Being dumped from a casual relationship can leave even the most confident woman confused and distraught. And when the breakup is done distastefully it just adds insult to injury. The reality of the situation may be very different than it seemed. And a lot can be said about a relationship by looking at its end. Here are a few appropriate and inappropriate reactions to being dumped by a guy who never actually gave you a title to begin with.

Appropriate reactions

Nothing

When a relationship that's not really a relationship ends abruptly sometimes the best response is nothing. If the breakup is done respectfully over the phone or in person, accept the decision and move on. If it's done in the all too common tacky text or, even worse, an email, do not respond at all. Don't ask why, don't get upset, and definitely don't let 'em see you sweat. And don't cry over spilt milk. Save your tears for something real.

Relief

Now that this casual "whatever it was" is over you can breathe a sigh of relief.
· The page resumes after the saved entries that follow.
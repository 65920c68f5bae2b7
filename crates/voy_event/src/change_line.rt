ghost use Rattle.std.specs.Prelude.{◌≡◌, IfOk, IfErr, map, option_map};
ghost use Rattle.serde_json.specs.View.{view};
ghost use Rattle.voy_event.specs.ChangeLine.{change_of, has_known_columns, has_long_row, seen, table_named};
ghost use Rattle.voy_event.specs.InTurn.{table_in_turn, within_limit};
ghost use Rattle.voy_schema.specs.Refusal.{Refuses};
ghost use Rattle.voy_event.specs.Refusal.{cause_of};

use crate::fields::{has_only_columns, is_null, row_at};
use crate::line_error::{LineError, LineWhy};
use crate::words::Op;
use serde_json::Value as Json;
use std::alloc::{AllocError, Global};
use voy_json::{has_all, has_only, text_at};
use voy_schema::{Schema, Table};
use voy_tables::{Change, row_text_is_too_long};

/// A table of the schema, with its place there.
#[derive(Clone, Copy)]
pub(crate) struct Placed<'a> {
    pub(crate) place: u32,
    pub(crate) table: &'a Table,
}

/// The table of a line that must have just these names.
pub(crate) fn table_of_line<'a>(
    schema: &'a Schema,
    names: &[&str],
    line: &Json,
) -> Result<Placed<'a>, LineWhy>
    ensures ok { IfOk result (λ placed.
        table_in_turn schema.now.tables (map (λ name. name.now) names.now) (view line.now) ≡ Ok (seen placed)) }
    ensures err { IfErr result (λ cause.
        table_in_turn schema.now.tables (map (λ name. name.now) names.now) (view line.now) ≡ Err cause) }
{
    if !has_all(line, names) {
        return Err(LineWhy::Missing);
    }
    if !has_only(line, names) {
        return Err(LineWhy::Unknown);
    }
    let Some(schema_name) = text_at(line, "schema_name") else {
        return Err(LineWhy::BadValue);
    };
    let Some(table_name) = text_at(line, "table_name") else {
        return Err(LineWhy::BadValue);
    };
    let Some(placed) = table_named(schema, schema_name, table_name) else {
        return Err(LineWhy::Unknown);
    };
    if has_known_columns(placed.table, line) {
        Ok(placed)
    } else {
        Err(LineWhy::Unknown)
    }
}

fn table_named<'a>(schema: &'a Schema, schema_name: &str, table_name: &str) -> Option<Placed<'a>>
    ensures { option_map seen result ≡ table_named schema.now.tables schema_name.now table_name.now }
{
    let place = schema.find(schema_name, table_name)?;
    let table = schema.tables.get(place as usize)?;
    Some(Placed { place, table })
}

/// Whether the objects of column values have no name but those of the table's columns.
fn has_known_columns(table: &Table, line: &Json) -> bool
    ensures { result ≡ has_known_columns table.now (view line.now) }
{
    has_only_columns(table, line.get("key"))
        && has_only_columns(table, line.get("fields"))
        && has_only_columns(table, line.get("before_fields"))
}

/// The change that the line states, with its rows within their limit.
pub(crate) fn read_row_change(
    alloc: Global,
    op: Op,
    placed: &Placed,
    line: &Json,
) -> Result<Change, LineError>
    ensures ok { IfOk result (λ change.
        within_limit (change_of op (seen placed.now) (view line.now)) ≡ Ok change) }
    ensures err { IfErr result
        (Refuses cause_of (within_limit (change_of op (seen placed.now) (view line.now)))) }
{
    let Some(change) = change_of(alloc, op, placed, line)? else {
        return Err(LineError::Bad(LineWhy::BadValue));
    };
    if has_long_row(&change) {
        return Err(LineError::Bad(LineWhy::TooLong));
    }
    Ok(change)
}

/// The change that the line states; nothing where a rule on its values is broken.
fn change_of(
    alloc: Global,
    op: Op,
    placed: &Placed,
    line: &Json,
) -> Result<Option<Change>, AllocError>
    ensures { IfOk result (λ found. found ≡ change_of op (seen placed.now) (view line.now)) }
{
    match op {
        Op::Insert => insert_of(alloc, placed, line),
        Op::Update => update_of(alloc, placed, line),
        Op::Delete => delete_of(alloc, placed, line),
    }
}

fn insert_of(alloc: Global, placed: &Placed, line: &Json) -> Result<Option<Change>, AllocError>
    ensures { IfOk result (λ found. found ≡ change_of Op.Insert (seen placed.now) (view line.now)) }
{
    if !is_null(line.get("before_fields")) {
        return Ok(None);
    }
    let Some(after) = row_at(alloc, placed.table, "fields", line)? else {
        return Ok(None);
    };
    Ok(Some(Change::Insert {
        table: placed.place,
        after,
    }))
}

fn update_of(alloc: Global, placed: &Placed, line: &Json) -> Result<Option<Change>, AllocError>
    ensures { IfOk result (λ found. found ≡ change_of Op.Update (seen placed.now) (view line.now)) }
{
    let Some(before) = row_at(alloc, placed.table, "before_fields", line)? else {
        return Ok(None);
    };
    let Some(after) = row_at(alloc, placed.table, "fields", line)? else {
        return Ok(None);
    };
    Ok(Some(Change::Update {
        table: placed.place,
        before,
        after,
    }))
}

fn delete_of(alloc: Global, placed: &Placed, line: &Json) -> Result<Option<Change>, AllocError>
    ensures { IfOk result (λ found. found ≡ change_of Op.Delete (seen placed.now) (view line.now)) }
{
    if !is_null(line.get("fields")) {
        return Ok(None);
    }
    let Some(before) = row_at(alloc, placed.table, "before_fields", line)? else {
        return Ok(None);
    };
    Ok(Some(Change::Delete {
        table: placed.place,
        before,
    }))
}

pub(crate) fn has_long_row(change: &Change) -> bool
    ensures { result ≡ has_long_row change.now }
{
    match change {
        Change::Insert { after, .. } => row_text_is_too_long(after),
        Change::Update { before, after, .. } => {
            row_text_is_too_long(before) || row_text_is_too_long(after)
        }
        Change::Delete { before, .. } => row_text_is_too_long(before),
    }
}
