ghost use Rattle.std.specs.Prelude.{◌≡◌, IfOk, option_map};
ghost use Rattle.std.specs.List.{list_all};
ghost use Rattle.serde_json.specs.View.{view};
ghost use Rattle.voy_json.specs.Document.{names_of};
ghost use Rattle.voy_event.specs.Fields.{agrees_at, is_column, is_key_column, is_key_of_row, is_name_at, is_null, names_in, row_at, row_of, value_of};

use serde_json::Value as Json;
use std::alloc::{AllocError, Global};
use voy_json::text_at;
use voy_schema::{Column, Items, Row, Table, Text, Value, is_lawful_row};
use voy_tables::key_text;

/// Whether the object that may stand there has no name but those of the table's columns. Of what is no
/// object nothing is asked.
pub(crate) fn has_only_columns(table: &Table, value: Option<&Json>) -> bool
    ensures { result ≡ list_all (is_column table.now) (names_in (option_map (λ v. view v.now) value.entry)) }
{
    match value {
        Some(value) => names_are_columns(table, value),
        None => true,
    }
}

fn names_are_columns(table: &Table, value: &Json) -> bool
    ensures { result ≡ list_all (is_column table.now) (names_of (view value.now)) }
{
    match value.as_object() {
        Some(members) => members.keys().all(|name| is_column(table, name.as_str())),
        None => true,
    }
}

fn is_column(table: &Table, name: &str) -> bool
    ensures { result ≡ is_column table.now name.now }
{
    table
        .columns
        .as_slice()
        .iter()
        .any(|column| name == column.name.as_str())
}

pub(crate) fn is_null(value: Option<&Json>) -> bool
    ensures { result ≡ is_null (option_map (λ v. view v.now) value.entry) }
{
    matches!(value, Some(Json::Null))
}

/// The row at this name of a line, where it is lawful for the table and the line's key agrees with it.
pub(crate) fn row_at(
    alloc: Global,
    table: &Table,
    name: &str,
    line: &Json,
) -> Result<Option<Row>, AllocError>
    ensures { IfOk result (λ found. found ≡ row_at table.now name.now (view line.now)) }
{
    let Some(key) = line.get("key") else {
        return Ok(None);
    };
    let Some(fields) = line.get(name) else {
        return Ok(None);
    };
    let Some(row) = row_of(alloc, table.columns.as_slice(), fields)? else {
        return Ok(None);
    };
    if is_lawful_row(table, &row) && is_key_of_row(table, key, &row) {
        Ok(Some(row))
    } else {
        Ok(None)
    }
}

/// The values that the object has in these columns, in their order.
fn row_of(alloc: Global, columns: &[Column], fields: &Json) -> Result<Option<Row>, AllocError>
    ensures { IfOk result (λ found. found ≡ row_of columns.now (view fields.now)) }
{
    let mut row = Items::with_capacity(alloc, columns.len())?;
    for column in columns {
        let Some(field) = fields.get(column.name.as_str()) else {
            return Ok(None);
        };
        let Some(value) = value_of(alloc, field)? else {
            return Ok(None);
        };
        row.push(value)?;
    }
    Ok(Some(row))
}

fn value_of(alloc: Global, field: &Json) -> Result<Option<Value>, AllocError>
    ensures { IfOk result (λ found. found ≡ value_of (view field.now)) }
{
    match field {
        Json::Null => Ok(Some(Value::Null)),
        Json::String(text) => Ok(Some(Value::Text(Text::from_str(alloc, text.as_str())?))),
        _ => Ok(None),
    }
}

/// Whether the object has the columns of the primary key and no other, each with the row's text there.
fn is_key_of_row(table: &Table, key: &Json, row: &Row) -> bool
    ensures { result ≡ is_key_of_row table.now (view key.now) row.now }
{
    has_only_key_columns(table, key) && agrees(table, key, row)
}

fn has_only_key_columns(table: &Table, key: &Json) -> bool
    ensures { result ≡ list_all (is_key_column table.now) (names_of (view key.now)) }
{
    match key.as_object() {
        Some(members) => members
            .keys()
            .all(|name| is_key_column(table, name.as_str())),
        None => true,
    }
}

fn is_key_column(table: &Table, name: &str) -> bool
    ensures { result ≡ is_key_column table.now name.now }
{
    table
        .primary_key
        .as_slice()
        .iter()
        .any(|place| is_name_at(table, name, *place))
}

/// Whether the key has the row's text in each column of the primary key.
fn agrees(table: &Table, key: &Json, row: &Row) -> bool
    ensures { result ≡ list_all (agrees_at table.now (view key.now) row.now) table.now.primary_key }
{
    table
        .primary_key
        .as_slice()
        .iter()
        .all(|place| agrees_at(table, key, row, *place))
}

fn is_name_at(table: &Table, name: &str, place: u32) -> bool
    ensures { result ≡ is_name_at table.now name.now place }
{
    match table.columns.get(place as usize) {
        Some(column) => name == column.name.as_str(),
        None => false,
    }
}

/// Whether the key has, in the column at this place, the text that the row has there.
fn agrees_at(table: &Table, key: &Json, row: &Row, place: u32) -> bool
    ensures { result ≡ agrees_at table.now (view key.now) row.now place }
{
    match table.columns.get(place as usize) {
        Some(column) => match text_at(key, column.name.as_str()) {
            Some(text) => key_text(row, place) == text,
            None => false,
        },
        None => false,
    }
}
You're finally free to pursue, or better yet bepursued by someone who wants nothing more than to make you his woman- officially. You might have had a few prospects you blew off to be with someone you hoped will take you a little more seriously. And in the end, serious is not what they were looking for. Now your eyes are wide open.

Letting go

Let it go. Move on. Be happy. There's nothing there to fawn over or pine for. Don't hope he'll change his mind because he probably won't. And even if he does, you'll always have to wonder what he didn't see in you before that he claims to see in you now. It's not worth the trouble.

Inappropriate reactions

Clinging on

When a man decides he no longer wants to spend time with someone he's been dating casually, hanging on will only make you look desperate and needy. He clearly didn't see anything two special between the two of you, so you shouldn't either.

Anger

Anger is a natural reaction to being rejected, no matter the situation. If you're angry at the rejection in general, not necessarily of losing him, give yourself a little time to work through it, and then get over it. Don't let that anger linger because it will affect the type of guys you attract after he is gone.

Hurt

Hurt is often the underlying emotion that drives anger, and feeling hurt at rejection is also normal. But being hurt by someone who wasn't yours is applying importance to something that didn't deserve it. Channel that hurt into making better decisions in the future. Know where you stand and where things are likely to go with someone who doesn't feel the need to make you a permanent part of his life.

Casual relationships can be attractive entities. Easy in, easy out. No real rules or boundaries. Flowing and breezy- there's no pressure or expectations. And that's what makes them not relationships. So when they end, they often don't receive the same consideration or respect as real relationships. If you want to feel special all the way up until the end, opt out of casual and stick with traditional dating.